**Exercise objective:** Write out, please, the lines from the beginning of the material to the line with "cannot be written.", including both ends and nothing else.

**Data listing:**
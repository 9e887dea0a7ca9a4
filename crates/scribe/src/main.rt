// Calls as text to records, and records back to text: `scribe` and `scribe back`, from standard input to standard output.
// What cannot be read is told on standard error with the number of its line or record, and so is output that cannot be written.
#![tactic(auto)]

mod back; // back.rt: records to text
mod errors; // errors.rt: what is told of a line
mod forth; // forth.rt: text to records

use stream::words::{arg, arg_count};

fn main(rt: HostRuntime) {
    let mut buf = [0u8; 65536];
    let mut out = [0u8; 65536];
    let mut word = [0u8; 5];
    let count = arg_count(&rt, 3);
    let n = arg(&rt, 1, &mut word);
    if (count == 2) & matches!(&word[..n], b"back") {
        back::run(&rt, &mut buf, &mut out);
        return;
    }
    if 1 < count {
        errors::usage(&rt);
        return;
    }
    forth::run(&rt, &mut buf, &mut out);
}
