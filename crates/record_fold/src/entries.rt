//! The entries of a consumer: what waits for an acknowledgement, and what was given up.

ghost use Rattle.std.specs.Prelude.{◌≡◌, ◌==◌, nat_le, OnOk, map, filter, fold};
ghost use Rattle.std.specs.List.{list_any, position};
ghost use Rattle.js_base.specs.Bytes.{last_of};
ghost use Rattle.js_model.specs.Acknowledge.{moved};
ghost use Rattle.js_model.specs.Advance.{placed};
ghost use Rattle.js_model.specs.Deliver.{with_pending};
ghost use Rattle.effects.specs.Folding.{with_given_up};
ghost use Rattle.record_fold.specs.Entries.{is_spent_by};

use crate::lists::take;
use js_base::{List, Moment, NoMemory};
use js_model::{Consumer, Pending};
use std::alloc::Global;

/// How many sequences a consumer keeps that were given up.
const MOST_GIVEN_UP: usize = 65_536;

/// The place of the first entry that is not before a sequence.
fn entry_place(entries: &[Pending], seq: u64) -> Option<usize>
    ensures value { result ≡ position (λ p. nat_le seq p.seq) entries.now }
{
    entries.iter().position(|entry| seq <= entry.seq)
}

/// Puts an entry at its place in the order of sequences, or in place of the one of its sequence.
pub(crate) fn put_entry(entries: &mut Vec<Pending>, entry: Pending) -> Result<(), NoMemory>
    ensures ok { OnOk result (entries.new.items ≡ with_pending entries.old.items entry) }
{
    let place = entry_place(entries.as_slice(), entry.seq).unwrap_or(entries.len());
    if place < entries.len() && entries[place].seq == entry.seq {
        entries[place] = entry;
        return Ok(());
    }
    entries.insert(place, entry)?;
    Ok(())
}

/// Sets when an entry is due if it has this sequence.
fn move_entry(entry: &mut Pending, seq: u64, due: Moment)
    ensures value { entry.new ≡ moved seq due entry.old }
{
    if entry.seq == seq {
        entry.due = due;
    }
}

/// Sets when the entry of a sequence is due, and tells whether there is one.
pub(crate) fn set_due(entries: &mut [Pending], seq: u64, due: Moment) -> bool
    ensures there { result ≡ list_any (λ p. p.seq == seq) entries.old }
    ensures value { entries.new ≡ map (moved seq due) entries.old }
{
    let is_there = entries.iter().any(|entry| entry.seq == seq);
    for entry in entries.iter_mut() {
        move_entry(entry, seq, due);
    }
    is_there
}

/// The place of the first sequence that is not before another.
fn seq_place(seqs: &[u64], seq: u64) -> Option<usize>
    ensures value { result ≡ position (λ n. nat_le seq n) seqs.now }
{
    seqs.iter().position(|other| seq <= *other)
}

/// Puts a sequence at its place.
fn put_seq(seqs: &mut Vec<u64>, seq: u64) -> Result<(), NoMemory>
    ensures ok { OnOk result (seqs.new.items ≡ placed seqs.old.items seq) }
{
    let place = seq_place(seqs.as_slice(), seq).unwrap_or(seqs.len());
    seqs.insert(place, seq)?;
    Ok(())
}

/// Whether an entry was delivered as often as it may be, and is due by a moment.
fn is_spent(limit: Option<u64>, entry: &Pending, moment: Moment) -> bool
    ensures value { result ≡ is_spent_by moment limit entry.now }
{
    entry.due <= moment && limit == Some(entry.count)
}

/// Puts the sequences of spent entries at their places.
fn put_spent(
    seqs: &mut Vec<u64>,
    entries: &[Pending],
    limit: Option<u64>,
    moment: Moment,
) -> Result<(), NoMemory>
    ensures ok { OnOk result (seqs.new.items ≡ fold placed seqs.old.items (map (λ p. p.seq) (filter (is_spent_by moment limit) entries.now))) }
{
    for entry in entries {
        if is_spent(limit, entry, moment) {
            put_seq(seqs, entry.seq)?;
        }
    }
    Ok(())
}

/// Keeps the last of the sequences, as many as a consumer keeps.
fn keep_last(seqs: &mut Vec<u64>)
    ensures left { seqs.new.items ≡ last_of 65536 seqs.old.items }
{
    let excess = seqs.len().saturating_sub(MOST_GIVEN_UP);
    seqs.drain(..excess);
}

/// Gives up what is spent.
pub(crate) fn give_up(
    alloc: Global,
    consumer: &mut Consumer,
    moment: Moment,
) -> Result<(), NoMemory>
    ensures ok { OnOk result (consumer.new ≡ with_given_up moment consumer.old) }
{
    let limit = consumer.config.max_deliver;
    let mut given_up = take(alloc, &mut consumer.given_up);
    let mut pending = take(alloc, &mut consumer.pending);
    put_spent(&mut given_up, pending.as_slice(), limit, moment)?;
    keep_last(&mut given_up);
    pending.retain(|entry| !is_spent(limit, entry, moment));
    consumer.given_up = List::from_vec(given_up);
    consumer.pending = List::from_vec(pending);
    Ok(())
}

**Exercise result:**
repository 9e887dea0a7ca9a4
filename crates/scribe/src/main.rt
// Calls as text to records, and records back to text: `scribe` and `scribe back`, from standard input to standard output.
// What cannot be read is told on standard error with the number of its line or record, and so is output that cannot be written.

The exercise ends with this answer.